The next two things I'm going to look for are: 1) would these carbs be eaten immediately after the exercise--or at least with protein--to dampen the insulin response? and, 2) if the body runs better on fats, why not give it fats during a long race (like a 100 mile run)? This is related to a question I've been asking on a few low-carb, high-fat sites and still haven't gotten any useful answer to yet: what should a low-carb, high-fat distance runner eat during a multi-hour event? I'm not going to bring a can of olive oil or a tub of veggie dip--despite 20gms of fat and 0-2 gms CHO per serving--to a race...but other than nuts, which also do have carbs, what else is relatively easy to bring and eat during a race?

This is a fascinating new area for me--until five weeks ago, I was a 30+ year vegetarian. I just started using ketone test strips and am interested in seeing how those numbers go as I journey through this low-carb lifestyle.

Thank you very much for the response, Seejay.








Quote:
Originally Posted by Seejay
PowerGoat it's according to a person's capacity to burn glucose. How much muscle and intense activity. If you're doing a ton of glucose-burning exercise, then you are not eating excess glucose. And it's the excess glucose that's the problem.

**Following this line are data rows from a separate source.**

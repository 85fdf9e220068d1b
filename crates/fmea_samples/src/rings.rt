//! Large systems: rings of components that feed each other, each with an event and a chain of facts.

use crate::names::{are_plain, are_rising};
use crate::reading::{name_of, number_of};
use crate::sample::write_table;
use fault_system::{EventInfo, FactInfo, FaultSystem, Formula, is_system};
use fmea_rows::rows;
use fta_outside::Sink;
use plain_values::{List, Mem, Name};
use std::alloc::Global;
use std::io;
use std::io::Print;

/// Prints how many rows a system of rings has: the line has the number of the rings, of the components of each, and of the facts of
/// each component.
pub fn print_rings(rt: &impl Print, alloc: Global, numbers: &[u8]) -> io::Result<()> {
    let Some(system) = system_of(alloc, numbers)? else {
        return println!(rt; "no system");
    };
    let effects = all_facts(alloc, system.facts())?;
    if !are_rising(effects.items(), system.facts()) {
        return println!(rt; "no table");
    }
    let found = rows(alloc, &system, effects.items())?;
    println!(rt;
        "facts {} events {} rows {}",
        system.facts(),
        system.events(),
        found.len_u32()
    )
}

/// Prints the table of a system of rings.
pub fn print_ring_table<S: Sink>(
    rt: &impl Print,
    alloc: Global,
    numbers: &[u8],
    out: &mut S,
) -> io::Result<()> {
    let Some(system) = system_of(alloc, numbers)? else {
        return println!(rt; "no system");
    };
    let effects = all_facts(alloc, system.facts())?;
    if !are_plain(&system) || !are_rising(effects.items(), system.facts()) {
        return println!(rt; "no table");
    }
    write_table(rt, alloc, system, effects.items(), out)
}

// The system of a line.
fn system_of(alloc: Global, numbers: &[u8]) -> Mem<Option<FaultSystem>> {
    let mut words = numbers.split(|b| *b == b' ');
    let groups = number_of(words.next().unwrap_or(&[])).min(4_096);
    let size = number_of(words.next().unwrap_or(&[])).min(4_096);
    let chain = number_of(words.next().unwrap_or(&[])).min(4_096);
    let facts = facts_of(alloc, groups, size, chain)?;
    let events = events_of(alloc, groups, size)?;
    if !is_system(alloc, facts.items(), events.items())? {
        return Ok(None);
    }
    Ok(Some(FaultSystem::new(facts, events)))
}

fn all_facts(alloc: Global, count: u32) -> Mem<List<u32>> {
    let mut list = List::new(alloc);
    for number in 0..count {
        list.push(number)?;
    }
    Ok(list)
}

fn events_of(alloc: Global, groups: u32, size: u32) -> Mem<List<EventInfo>> {
    let mut list = List::new(alloc);
    for number in 0..groups.saturating_mul(size) {
        let name = event_name(alloc, number)?;
        list.push(EventInfo {
            name,
            owner: 0,
            key: List::new(alloc),
        })?;
    }
    Ok(list)
}

fn facts_of(alloc: Global, groups: u32, size: u32, chain: u32) -> Mem<List<FactInfo>> {
    let mut list = List::new(alloc);
    for group in 0..groups {
        for place in 0..size {
            add_component(alloc, &mut list, group, place, size, chain)?;
        }
    }
    Ok(list)
}

// The facts of a component: its initial state, its failed state, which its event or the component before it in the ring brings
// about, and a chain behind that.
fn add_component(
    alloc: Global,
    list: &mut List<FactInfo>,
    group: u32,
    place: u32,
    size: u32,
    chain: u32,
) -> Mem<()> {
    let number = group.saturating_mul(size).saturating_add(place);
    let first = number.saturating_mul(chain);
    let before = if place == 0 {
        size.saturating_sub(1)
    } else {
        place - 1
    };
    let fed = group
        .saturating_mul(size)
        .saturating_add(before)
        .saturating_mul(chain)
        .saturating_add(2);
    add_fact(alloc, list, number, 0, Formula::True)?;
    let failed = failed_of(alloc, first, number, fed)?;
    add_fact(alloc, list, number, 1, failed)?;
    for at in 2..chain {
        let formula = one_of(alloc, first.saturating_add(at - 1))?;
        add_fact(alloc, list, number, at, formula)?;
    }
    Ok(())
}

fn failed_of(alloc: Global, first: u32, event: u32, fed: u32) -> Mem<Formula> {
    let mut causes = List::new(alloc);
    causes.push(Formula::Event(event))?;
    causes.push(Formula::Fact(fed))?;
    let mut parts = List::new(alloc);
    parts.push(Formula::Fact(first))?;
    parts.push(Formula::Or(causes))?;
    Ok(Formula::And(parts))
}

fn one_of(alloc: Global, fact: u32) -> Mem<Formula> {
    let mut parts = List::new(alloc);
    parts.push(Formula::Fact(fact))?;
    Ok(Formula::Or(parts))
}

fn add_fact(
    alloc: Global,
    list: &mut List<FactInfo>,
    component: u32,
    at: u32,
    formula: Formula,
) -> Mem<()> {
    let name = fact_name(alloc, component, at)?;
    list.push(FactInfo {
        name,
        owner: component,
        formula,
    })
}

fn event_name(alloc: Global, component: u32) -> Mem<Name> {
    let text = format!(in alloc; "root.c{component}/failure")?;
    name_of(alloc, text.as_bytes())
}

fn fact_name(alloc: Global, component: u32, at: u32) -> Mem<Name> {
    let text = format!(in alloc; "root.c{component}/state:s{at}")?;
    name_of(alloc, text.as_bytes())
}
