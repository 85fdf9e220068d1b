//! The program.
#![tactic(auto)]

use cut_reports::{EventUse, OrderProfile, SinglePoints};
use fta_outside::{Files, Report, Sink};
use fta_run::Status;
use fta_start::{Program, run_own, start};
use plain_values::Word;
use std::alloc::{AllocError, Global};
use std::process::ExitCode;

fn main(rt: HostRuntime) -> ExitCode {
    start(&rt, &Tool)
}

/// The tool, with the three reports of its own.
struct Tool;

impl Program for Tool {
    ghost use Rattle.fta_start.specs.inner.Own.{own_voices};

    ghost voices = { λ _. own_voices };

    fn run<F: Files, S: Sink, E: Sink>(
        &self,
        alloc: Global,
        words: &[Word],
        files: &mut F,
        out: &mut S,
        err: &mut E,
    ) -> Result<Status, AllocError> {
        let mut reports: Vec<Box<dyn Report>> = Vec::new(alloc);
        reports.push(Box::new(alloc, OrderProfile::new(alloc))?)?;
        reports.push(Box::new(alloc, EventUse::new(alloc))?)?;
        reports.push(Box::new(alloc, SinglePoints::new(alloc))?)?;
        Ok(run_own(alloc, words, files, out, err, &mut reports))
    }
}
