//! Random systems, whose rows are compared with those that the rounds under each event give.

use crate::names::are_rising;
use crate::reading::{name_of, number_of};
use fault_system::{Bits, EventInfo, FactInfo, FaultSystem, Formula, is_system};
use fmea_rows::{Row, rows};
use plain_values::{List, Mem};
use std::alloc::Global;
use std::io;
use std::io::Print;

/// Numbers that look random, each from the one before it.
#[derive(Drop)]
struct Dice {
    state: u64,
}

impl Dice {
    // A number below another one.
    fn roll(&mut self, below: u32) -> u32 {
        self.state = self
            .state
            .wrapping_mul(6_364_136_223_846_793_005)
            .wrapping_add(1_442_695_040_888_963_407);
        let high = (self.state >> 33) as u32;
        if below == 0 { 0 } else { high % below }
    }
}

/// Compares the rows of so many random systems: the line has the number from which they are made, and how many there are.
pub fn print_compared(rt: &impl Print, alloc: Global, numbers: &[u8]) -> io::Result<()> {
    let mut words = numbers.split(|b| *b == b' ');
    let seed = number_of(words.next().unwrap_or(&[]));
    let count = number_of(words.next().unwrap_or(&[]));
    let mut dice = Dice {
        state: u64::from(seed),
    };
    let mut different = 0u64;
    for _ in 0..count {
        if !is_right(alloc, &mut dice)? {
            different = different.saturating_add(1);
        }
    }
    println!(rt; "systems {count} different {different}")
}

// Whether the rows of a random system are those of the rounds.
fn is_right(alloc: Global, dice: &mut Dice) -> Mem<bool> {
    let fact_count = dice.roll(11).saturating_add(1);
    let event_count = dice.roll(3).saturating_add(1);
    let facts = facts_of(alloc, dice, fact_count, event_count)?;
    let events = events_of(alloc, event_count)?;
    let effects = effects_of(alloc, dice, fact_count)?;
    if !is_system(alloc, facts.items(), events.items())? {
        return Ok(false);
    }
    let system = FaultSystem::new(facts, events);
    if !are_rising(effects.items(), system.facts()) {
        return Ok(false);
    }
    let found = rows(alloc, &system, effects.items())?;
    let plain = plain_rows(alloc, &system, effects.items())?;
    Ok(are_same(found.items(), plain.items()))
}

fn are_same(a: &[Row], b: &[Row]) -> bool {
    if a.len() != b.len() {
        return false;
    }
    for (x, y) in a.iter().zip(b) {
        if x.event != y.event || x.effect != y.effect || x.round != y.round {
            return false;
        }
    }
    true
}

// The rows, by the rounds under each event.
fn plain_rows(alloc: Global, system: &FaultSystem, effects: &[u32]) -> Mem<List<Row>> {
    let none = Bits::new(alloc, system.events())?;
    let base = system.rounds(alloc, &none)?;
    let mut rows = List::new(alloc);
    for event in 0..system.events() {
        let mut alone = Bits::new(alloc, system.events())?;
        alone.put(event);
        let times = system.rounds(alloc, &alone)?;
        add_rows(base.items(), times.items(), effects, event, &mut rows)?;
    }
    Ok(rows)
}

fn add_rows(
    base: &[u32],
    times: &[u32],
    effects: &[u32],
    event: u32,
    rows: &mut List<Row>,
) -> Mem<()> {
    for effect in effects {
        let before = base.get(*effect as usize).copied().unwrap_or(0);
        let round = times.get(*effect as usize).copied().unwrap_or(0);
        let row = Row {
            event,
            effect: *effect,
            round,
        };
        rows.push_if(row, before == 0 && round > 0)?;
    }
    Ok(())
}

fn facts_of(alloc: Global, dice: &mut Dice, facts: u32, events: u32) -> Mem<List<FactInfo>> {
    let mut list = List::new(alloc);
    for number in 0..facts {
        let name = name_of(alloc, &[number.min(255) as u8])?;
        let formula = large(alloc, dice, facts, events)?;
        list.push(FactInfo {
            name,
            owner: 0,
            formula,
        })?;
    }
    Ok(list)
}

fn events_of(alloc: Global, events: u32) -> Mem<List<EventInfo>> {
    let mut list = List::new(alloc);
    for number in 0..events {
        let name = name_of(alloc, &[number.min(255) as u8])?;
        list.push(EventInfo {
            name,
            owner: 0,
            key: List::new(alloc),
        })?;
    }
    Ok(list)
}

fn effects_of(alloc: Global, dice: &mut Dice, facts: u32) -> Mem<List<u32>> {
    let mut list = List::new(alloc);
    for number in 0..facts {
        list.push_if(number, dice.roll(3) > 0)?;
    }
    Ok(list)
}

// A formula of at most two levels.
fn large(alloc: Global, dice: &mut Dice, facts: u32, events: u32) -> Mem<Formula> {
    if dice.roll(3) == 0 {
        return Ok(leaf(dice, facts, events));
    }
    let mut parts = List::new(alloc);
    for _ in 0..dice.roll(4) {
        let part = small(alloc, dice, facts, events)?;
        parts.push(part)?;
    }
    Ok(joined(dice, parts))
}

fn small(alloc: Global, dice: &mut Dice, facts: u32, events: u32) -> Mem<Formula> {
    if dice.roll(2) == 0 {
        return Ok(leaf(dice, facts, events));
    }
    let mut parts = List::new(alloc);
    for _ in 0..dice.roll(4) {
        parts.push(leaf(dice, facts, events))?;
    }
    Ok(joined(dice, parts))
}

fn joined(dice: &mut Dice, parts: List<Formula>) -> Formula {
    match dice.roll(3) {
        0 => Formula::And(parts),
        1 => Formula::Or(parts),
        _ => Formula::AtLeast(dice.roll(4), parts),
    }
}

fn leaf(dice: &mut Dice, facts: u32, events: u32) -> Formula {
    match dice.roll(40) {
        0 => Formula::True,
        1..=28 => Formula::Fact(dice.roll(facts)),
        _ => Formula::Event(dice.roll(events)),
    }
}
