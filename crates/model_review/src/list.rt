//! What is told of a model, in order.

ghost use Rattle.std.specs.Prelude.{◌≡◌, ◌++◌, IfOk, OnOk, false, flat_map, length, map, true};
ghost use Rattle.plain_values.specs.Rising.{RisesWithin};
ghost use Rattle.model_facts.specs.Assembly.{model_at};
ghost use Rattle.model_review.specs.Findings.{always_told, bindings_told, dry_sides, hidden_flows, hidden_link, leaves_of, model_findings, never_out, no_links, no_sources, nowhere_out, of_components, open_ends, rates_told, states_told, stops_of, stops_told, text_findings, uneven_told, ways_told};
ghost use Rattle.event_rates.specs.Unused.{unused_rates};
ghost use Rattle.stray_bindings.specs.Stray.{stray_bindings};
ghost use Rattle.uneven_parts.specs.Quiet.{quiet_states};
ghost use Rattle.uneven_parts.specs.TwoWays.{two_ways};
ghost use Rattle.uneven_parts.specs.Unlike.{unlike_states};
ghost use Rattle.unread_parts.specs.Root.{root_implementations};
ghost use Rattle.unread_parts.specs.Unread.{unread_parts};
ghost use Rattle.unread_parts.specs.declared.unread.What.TheVariants as what;
ghost use Rattle.model_review.specs.Told.{AreFindings};
ghost use Rattle.model_review.specs.declared.finding.Finding.TheVariants.{CoreRate, InModes, NoLink, Quiet, StrayPath, StrayRate, TwoWays, TypeRoot, Unlike, UnreadBinding};

use crate::ends::{DrySides, Linked, NoSources, OpenEnds};
use crate::finding::Finding;
use crate::flows::HiddenFlows;
use crate::links::{HiddenLinks, NotDeclaredThere};
use crate::sides::{AlwaysOut, Leaves, NeverOut, NowhereOut, Stops};
use crate::states::{AlwaysInState, HiddenTransitions, NeverInState, UnusedStates};
use crate::told::add_told;
use crate::view::View;
use crate::walks::{AtPoints, AtStates, add_of_component, add_of_components, add_of_links};
use event_rates::{UnusedRate, unused_rates};
use model_facts::points_of_models;
use plain_values::{List, Mem, Name, copied};
use propagation_links::{Link, Unlinked, find_unlinked};
use std::alloc::Global;
use stray_bindings::{StrayBinding, stray_bindings};
use uneven_parts::{QuietState, UnlikeState, quiet_states, two_ways, unlike_states};
use unread_parts::{Implementation, Part, What, root_implementations, unread_parts};

/// What is told of a model, in order.
pub(crate) fn findings(alloc: Global, view: &View) -> Mem<List<Finding>>
    requires { RisesWithin 0 (length view.now.system.facts) view.now.effects }
    ensures { IfOk result (AreFindings view.now) }
{
    let mut found = model_findings(alloc, view)?;
    add_told(alloc, &mut found, view)?;
    Ok(found)
}

/// What is told of a model but for its loops and its events: what is hidden, where errors stop, and what never comes about.
fn model_findings(alloc: Global, view: &View) -> Mem<List<Finding>>
    ensures { IfOk result (λ found. found ≡ model_findings view.now) }
{
    let mut found = List::new(alloc);
    add_hidden(alloc, &mut found, view)?;
    add_of_components(alloc, &mut found, view, &HiddenTransitions)?;
    add_of_links(alloc, &mut found, view, &NotDeclaredThere)?;
    add_ends(alloc, &mut found, view)?;
    Ok(found)
}

/// Adds the sources, the paths and the links without effect.
fn add_hidden(alloc: Global, found: &mut List<Finding>, view: &View) -> Mem<()>
    ensures { OnOk result (found.new ≡ found.old
        ++ (of_components view.now (hidden_flows false view.now)
        ++ (of_components view.now (hidden_flows true view.now)
        ++ flat_map (hidden_link view.now) view.now.numbered.assembly.links))) }
{
    add_of_components(alloc, found, view, &HiddenFlows { paths: false })?;
    add_of_components(alloc, found, view, &HiddenFlows { paths: true })?;
    add_of_links(alloc, found, view, &HiddenLinks)
}

/// Adds where errors stop, where they lead nowhere, where they come from outside, what never comes about, and states and text that nothing
/// looks at.
fn add_ends(alloc: Global, found: &mut List<Finding>, view: &View) -> Mem<()>
    ensures { OnOk result (found.new ≡ found.old
        ++ (stops_told view.now
        ++ (of_components view.now (nowhere_out view.now)
        ++ (ways_told view.now
        ++ (of_components view.now (open_ends view.now)
        ++ (of_components view.now (dry_sides view.now)
        ++ (of_components view.now (no_sources view.now)
        ++ (of_components view.now (never_out view.now)
        ++ (states_told view.now
        ++ text_findings view.now))))))))) }
{
    add_stops(alloc, found, view)?;
    add_of_components(alloc, found, view, &AtPoints(NowhereOut))?;
    add_ways(alloc, found, view)?;
    add_inward(alloc, found, view)?;
    add_of_components(alloc, found, view, &AtPoints(NeverOut))?;
    add_states(alloc, found, view)?;
    add_text(alloc, found, view)?;
    Ok(())
}

/// Adds the sides at which errors stop: at points without a sink, and at those with one, what no sink takes.
fn add_stops(alloc: Global, found: &mut List<Finding>, view: &View) -> Mem<()>
    ensures { OnOk result (found.new ≡ found.old ++ stops_told view.now) }
{
    add_of_components(alloc, found, view, &AtPoints(Stops))?;
    add_of_components(alloc, found, view, &AtPoints(Leaves))
}

/// Adds the sides that errors enter from outside, those to which none comes, and those without a source.
fn add_inward(alloc: Global, found: &mut List<Finding>, view: &View) -> Mem<()>
    ensures { OnOk result (found.new ≡ found.old
        ++ (of_components view.now (open_ends view.now)
        ++ (of_components view.now (dry_sides view.now)
        ++ of_components view.now (no_sources view.now)))) }
{
    let linked = Linked::of(alloc, view.links())?;
    add_of_components(alloc, found, view, &AtPoints(OpenEnds(&linked)))?;
    add_of_components(alloc, found, view, &AtPoints(DrySides(&linked)))?;
    let sources = NoSources::of(alloc, view, &linked)?;
    add_of_components(alloc, found, view, &AtPoints(sources))
}

/// Adds the states of the root in which it never is, what always holds, the states of its parts at which nothing looks, and those that are used
/// otherwise than others.
fn add_states(alloc: Global, found: &mut List<Finding>, view: &View) -> Mem<()>
    ensures { OnOk result (found.new ≡ found.old ++ states_told view.now) }
{
    add_of_component(alloc, found, view, &AtStates(NeverInState), 0)?;
    add_always(alloc, found, view)?;
    add_of_components(alloc, found, view, &AtStates(UnusedStates))?;
    add_uneven(alloc, found, view)
}

/// Adds the types that come out where no event occurs, and the states that are not initial in which a component is then.
fn add_always(alloc: Global, found: &mut List<Finding>, view: &View) -> Mem<()>
    ensures { OnOk result (found.new ≡ found.old ++ always_told view.now) }
{
    add_of_components(alloc, found, view, &AtPoints(AlwaysOut))?;
    add_of_components(alloc, found, view, &AtStates(AlwaysInState))
}

/// Adds the states of parts unlike others, and those that give nothing at one side of their component and something at another one.
fn add_uneven(alloc: Global, found: &mut List<Finding>, view: &View) -> Mem<()>
    ensures { OnOk result (found.new ≡ found.old ++ uneven_told view.now) }
{
    add_unlike(alloc, found, view)?;
    add_quiet(alloc, found, view)
}

fn add_quiet(alloc: Global, found: &mut List<Finding>, view: &View) -> Mem<()>
    ensures { OnOk result (found.new ≡ found.old ++ map Quiet (quiet_states view.now.numbered.assembly view.now.system view.now.numbered.facts)) }
{
    let states = quiet_states(alloc, view.assembly(), view.system(), view.facts())?;
    add_states_quiet(found, states.items())
}

fn add_states_quiet(found: &mut List<Finding>, states: &[QuietState]) -> Mem<()>
    ensures { OnOk result (found.new ≡ found.old ++ map Quiet states.now) }
{
    for state in states {
        found.push(Finding::Quiet(*state))?;
    }
    Ok(())
}

fn add_unlike(alloc: Global, found: &mut List<Finding>, view: &View) -> Mem<()>
    ensures { OnOk result (found.new ≡ found.old ++ map Unlike (unlike_states view.now.numbered.assembly.instance view.now.system view.now.numbered.facts)) }
{
    let states = unlike_states(alloc, view.instance(), view.system(), view.facts().list())?;
    add_states_unlike(found, states.items())
}

fn add_states_unlike(found: &mut List<Finding>, states: &[UnlikeState]) -> Mem<()>
    ensures { OnOk result (found.new ≡ found.old ++ map Unlike states.now) }
{
    for state in states {
        found.push(Finding::Unlike(*state))?;
    }
    Ok(())
}

/// Adds the connections and user paths without a link, and the links by which a side leads to a further side of one component.
fn add_ways(alloc: Global, found: &mut List<Finding>, view: &View) -> Mem<()>
    ensures { OnOk result (found.new ≡ found.old ++ ways_told view.now) }
{
    add_no_links(alloc, found, view)?;
    add_two_ways(alloc, found, view)
}

fn add_two_ways(alloc: Global, found: &mut List<Finding>, view: &View) -> Mem<()>
    ensures { OnOk result (found.new ≡ found.old ++ map TwoWays (two_ways view.now.numbered.assembly.links)) }
{
    let links = two_ways(alloc, view.links())?;
    add_links(found, links.items())
}

fn add_links(found: &mut List<Finding>, links: &[Link]) -> Mem<()>
    ensures { OnOk result (found.new ≡ found.old ++ map TwoWays links.now) }
{
    for link in links {
        found.push(Finding::TwoWays(*link))?;
    }
    Ok(())
}

fn add_no_links(alloc: Global, found: &mut List<Finding>, view: &View) -> Mem<()>
    ensures { OnOk result (found.new ≡ found.old ++ no_links view.now) }
{
    let assembly = view.assembly();
    let points = points_of_models(alloc, assembly.models())?;
    let unlinked = find_unlinked(alloc, assembly.instance(), points.items())?;
    add_unlinked(found, unlinked.items())
}

fn add_unlinked(found: &mut List<Finding>, unlinked: &[Unlinked]) -> Mem<()>
    ensures { OnOk result (found.new ≡ found.old ++ map NoLink unlinked.now) }
{
    for one in unlinked {
        found.push(Finding::NoLink(*one))?;
    }
    Ok(())
}

/// Adds what stands in modes, the bindings that are not read, the rates that count for no event, and the implementations of a root that is a
/// component type.
fn add_text(alloc: Global, found: &mut List<Finding>, view: &View) -> Mem<()>
    ensures { OnOk result (found.new ≡ found.old ++ text_findings view.now) }
{
    add_in_modes(alloc, found, view)?;
    add_bindings(alloc, found, view)?;
    add_all_rates(alloc, found, view)?;
    add_of_type_root(alloc, found, view)
}

fn add_in_modes(alloc: Global, found: &mut List<Finding>, view: &View) -> Mem<()>
    ensures { OnOk result (found.new ≡ found.old ++ map InModes (unread_parts what.InModes view.now.numbered.assembly.instance)) }
{
    let parts = unread_parts(alloc, What::InModes, view.instance())?;
    add_modal(alloc, found, parts.items())
}

/// Adds the bindings that are not read, and the paths in those that are which lead to nothing.
fn add_bindings(alloc: Global, found: &mut List<Finding>, view: &View) -> Mem<()>
    ensures { OnOk result (found.new ≡ found.old ++ bindings_told view.now) }
{
    add_unread_bindings(alloc, found, view)?;
    add_stray_bindings(alloc, found, view)
}

fn add_stray_bindings(alloc: Global, found: &mut List<Finding>, view: &View) -> Mem<()>
    ensures { OnOk result (found.new ≡ found.old ++ map StrayPath (stray_bindings view.now.numbered.assembly.types.profile view.now.numbered.assembly.instance)) }
{
    let profile = view.assembly().types().profile();
    let strays = stray_bindings(alloc, profile, view.instance())?;
    add_strays(alloc, found, strays.items())
}

fn add_strays(alloc: Global, found: &mut List<Finding>, strays: &[StrayBinding]) -> Mem<()>
    ensures { OnOk result (found.new ≡ found.old ++ map StrayPath strays.now) }
{
    for stray in strays {
        found.push(Finding::StrayPath(stray.again(alloc)?))?;
    }
    Ok(())
}

fn add_unread_bindings(alloc: Global, found: &mut List<Finding>, view: &View) -> Mem<()>
    ensures { OnOk result (found.new ≡ found.old ++ map UnreadBinding (unread_parts (what.Unread view.now.numbered.assembly.types.profile) view.now.numbered.assembly.instance)) }
{
    let what = What::Unread(view.assembly().types().profile());
    let parts = unread_parts(alloc, what, view.instance())?;
    add_unread(alloc, found, parts.items())
}

/// Adds the rates that are said of no event, and those in core text.
fn add_all_rates(alloc: Global, found: &mut List<Finding>, view: &View) -> Mem<()>
    ensures { OnOk result (found.new ≡ found.old ++ rates_told view.now) }
{
    add_unused_rates(alloc, found, view)?;
    add_core_rates(alloc, found, view)
}

fn add_core_rates(alloc: Global, found: &mut List<Finding>, view: &View) -> Mem<()>
    ensures { OnOk result (found.new ≡ found.old ++ map CoreRate (unread_parts what.Rates view.now.numbered.assembly.instance)) }
{
    let parts = unread_parts(alloc, What::Rates, view.instance())?;
    add_core(alloc, found, parts.items())
}

fn add_unused_rates(alloc: Global, found: &mut List<Finding>, view: &View) -> Mem<()>
    ensures { OnOk result (found.new ≡ found.old ++ map StrayRate (unused_rates view.now.numbered.assembly.types.profile view.now.numbered.assembly.instance view.now.system.events)) }
{
    let profile = view.assembly().types().profile();
    let rates = unused_rates(alloc, profile, view.instance(), view.system().event_infos())?;
    add_rates(alloc, found, rates.items())
}

fn add_of_type_root(alloc: Global, found: &mut List<Finding>, view: &View) -> Mem<()>
    ensures { OnOk result (found.new ≡ found.old ++ map TypeRoot (root_implementations view.now.numbered.assembly.instance)) }
{
    let all = root_implementations(alloc, view.instance())?;
    add_implementations(alloc, found, all.items())
}

fn add_modal(alloc: Global, found: &mut List<Finding>, parts: &[Part]) -> Mem<()>
    ensures { OnOk result (found.new ≡ found.old ++ map InModes parts.now) }
{
    for part in parts {
        found.push(Finding::InModes(part.again(alloc)?))?;
    }
    Ok(())
}

fn add_unread(alloc: Global, found: &mut List<Finding>, parts: &[Part]) -> Mem<()>
    ensures { OnOk result (found.new ≡ found.old ++ map UnreadBinding parts.now) }
{
    for part in parts {
        found.push(Finding::UnreadBinding(part.again(alloc)?))?;
    }
    Ok(())
}

fn add_rates(alloc: Global, found: &mut List<Finding>, rates: &[UnusedRate]) -> Mem<()>
    ensures { OnOk result (found.new ≡ found.old ++ map StrayRate rates.now) }
{
    for rate in rates {
        found.push(Finding::StrayRate(rate.again(alloc)?))?;
    }
    Ok(())
}

fn add_core(alloc: Global, found: &mut List<Finding>, parts: &[Part]) -> Mem<()>
    ensures { OnOk result (found.new ≡ found.old ++ map CoreRate parts.now) }
{
    for part in parts {
        found.push(Finding::CoreRate(part.again(alloc)?))?;
    }
    Ok(())
}

fn add_implementations(alloc: Global, found: &mut List<Finding>, all: &[Implementation]) -> Mem<()>
    ensures { OnOk result (found.new ≡ found.old ++ map TypeRoot all.now) }
{
    for one in all {
        found.push(Finding::TypeRoot(one.again(alloc)?))?;
    }
    Ok(())
}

For example imagine a 180 pound man does 2 hours of high intensity exercise on a heavy training day. Say 1200 calories. Of which, 60% from glucose and 40% from fat, so that's 800 calories of glucose needed, so 200 grams of CHO. I would imagine he wouldn't need as much CHO since he's fat adapted, but intense exercise is just plain sugar burning.

Those of us who do Primal Blueprint style exercise, such that we do such hard training only once or twice a week, can get all that glucose from the glycogen replaced a little every day. Not like we need that much every single day.